‘Blatant Wrongdoing’: Wrongful Prolongation of Life Cases Surge
What is behind the recent uptick in allegations of wrongful prolongation of life? Ryan R. Nash, MD, MA, director of The Ohio State University Center for Bioethics and the chair in medical ethics and professionalism, has served as an expert witness on multiple wrongful prolongation of life cases. Nash also has advised health systems on how to avoid these cases. He talked with Medical Ethics Advisor (MEA) recently about this subject. (Editor’s Note: This transcript has been lightly edited for length, clarity, and style.)
MEA: What is the outcome of the cases you have reviewed?

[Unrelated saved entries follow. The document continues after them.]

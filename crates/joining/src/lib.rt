// Which variables equalities join, each set of joined variables shown by its lowest number, and whether differences
// agree with them.
#![tactic(auto)]

ghost use Rattle.std.specs.Prelude.{◌≡◌, ◌≤◌, length, MatchBool};
ghost use Rattle.std.specs.List.{AllByRecursion};
ghost use Rattle.joining.specs.Joins.{Fits, relabelled, joined_by, labelled, agrees, join_holds, Lowest, Holds, NoWorld};

use theory::stack::Record;

// Two variables that are to be equal, or are to differ. The code names the literal that asks for it, which joining does
// not look at.
#[derive(Clone, Copy, PartialEq, Eq, Debug)]
pub struct Join {
    pub code: u16,
    pub a: u16,
    pub b: u16,
    pub equal: bool,
}

impl Record for Join {
    ghost coded = { λ j. j.code };

    fn code(&self) -> u16 {
        self.code
    }
}

// Gives every variable labelled `from` the label `to`.
fn relabel(from: i64, to: i64, labels: &mut [i64])
    ensures { labels.new ≡ relabelled from to labels.old }
{
    for label in labels.iter_mut() {
        if *label == from {
            *label = to;
        }
    }
}

// Joins what two variables are joined with: the lower of their labels stays.
fn join_one(join: Join, labels: &mut [i64])
    requires { Fits (length labels.old) join }
    ensures { labels.new ≡ joined_by join labels.old }
{
    if join.equal {
        let a = labels[join.a as usize];
        let b = labels[join.b as usize];
        relabel(a.max(b), a.min(b), labels);
    }
}

// Whether what a join says holds of the labels.
fn agrees_with(join: Join, labels: &[i64]) -> bool
    requires { Fits (length labels.now) join }
    ensures { result ≡ join_holds labels.now join }
{
    (labels[join.a as usize] == labels[join.b as usize]) == join.equal
}

// Writes for every variable the lowest variable that equalities join to it, itself included. Answers whether all joins
// hold of these numbers; where not, they hold of no numbers. An error would carry nothing, so a `Result` would say no more
// than yes or no.
pub fn join_all(joins: &[Join], labels: &mut [i64]) -> bool
    requires fits { AllByRecursion (Fits (length labels.old)) joins.now }
    requires few { length labels.old ≤ 512 }
    ensures after { labels.new ≡ labelled joins.now (length labels.old) }
    ensures lowest { Lowest joins.now labels.new }
    ensures agreed { result ≡ agrees joins.now labels.new }
    ensures exact { MatchBool result (Holds joins.now labels.new) (NoWorld joins.now (length labels.old)) }
{
    for (x, label) in labels.iter_mut().enumerate() {
        *label = x as i64;
    }
    for join in joins {
        join_one(*join, labels);
    }
    for join in joins {
        if !agrees_with(*join, labels) {
            return false;
        }
    }
    true
}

Nash: Most of the cases are settled out of court because it is just blatant wrongdoing. Some of the cases do end up going to court. The plaintiff always wins, in my experience, because it is so obviously malpractice.
MEA: What leads to a lawsuit?
Nash: In 100% of the cases I have reviewed, the critical distinguishing factor is that resuscitation was refused in advance, it was known, it was communicated, and the hospital medical teams failed to honor that refusal. Almost always, they refused to do that based on a failure of their own system. It is a failure of communication, a failure to read the chart, or a failure to put the right order in.
In one case, a 92-year-old hospice patient was brought to the ED. The exhausted daughter gave the advance directive and DNR form and says, “Mom is on hospice and is having a lot of symptoms we couldn’t control at home. Don’t do anything without contacting me.” She comes back, and all of a sudden mom is in the ICU on a ventilator and had procedures done. This is an obvious case of failing to respect the patient’s wishes. In the chart, it clearly stated “Patient is on hospice, is here for symptom management, no aggressive measures.” But someone messed up.
Then, you can have someone come in with heart disease who asks to be DNR in the chart. The DNR order is put in the chart, the wristband is on, the patient is found unresponsive. They call a code, they resuscitate. Eventually, they notice the DNR bracelet and ask, “Did we do the right thing?” No, they did not.
In several of these cases, the patient or their proxy made it abundantly clear they did not want resuscitative measures. The team failed to follow their own hospital’s protocols. In a lot of hospital protocols, if a code is called, someone immediately is supposed to confirm code status. When that is not followed, they are violating their own policy and violating the standard of care.
MEA: What are the central ethical issues involved in these cases?
Nash: The respect of self-determination and advance refusal. In none of the cases I’m aware of was it a gray matter. It was clearly communicated that the person refused the intervention, usually resuscitation. The hospital will always try to say, “We always err on the side of life.” That does not cover our willful negligence to ignore refusals. When someone has refused an intervention in advance and you do it anyway, that could be considered assault. If you ignore that wristband, or ignore the DNR, or ignore the documentation of advance planning in the chart, it is a failure to respect an informed refusal. In medical ethics, the right to refuse is the bedrock of the informed consent process. Just as we should never be doing surgery on the wrong side, or giving the wrong medication, or giving the wrong dose, we should never fail to honor a DNR that is known.
MEA: What can ethicists do to prevent these situations?
Nash: I would really encourage ethicists to get to know their legal and risk people well, and have a conversation around this. People need to be aware that it clearly violates medical ethics standards. Ethicists also need to confirm that their institution not only has best practice policies and procedures, but to diligently and repeatedly work to make sure that staff are educated and empowered to follow them.
MEA: What do the families in these cases usually want?
Nash: When you are a family member who is grieving, and you know your loved one did not want this, and that the hospital did this to them and you could not protect them, it is very painful. It changes lives. People have to leave their jobs to care for the family member. There are financial consequences.
But the families usually do not want much. They usually just want an apology and medical bills covered, and then they want some reassurance that this will not happen to anybody else. These usually are not litigious people. I have just been surprised at how many times when the initial ask is a small, modest ask. Amazingly, in some of these cases, when the hospitals or physician digs in and starts fighting it, they usually end up paying far more because of all the needless legal costs.
I do not want to see any more of these cases. They should not happen. When they do, it should be obvious to hospitals that they are in the wrong.
An expert witness who has testified in multiple wrongful prolongation of life cases and has advised health systems on how to avoid these cases shares helpful advice in the Q&A.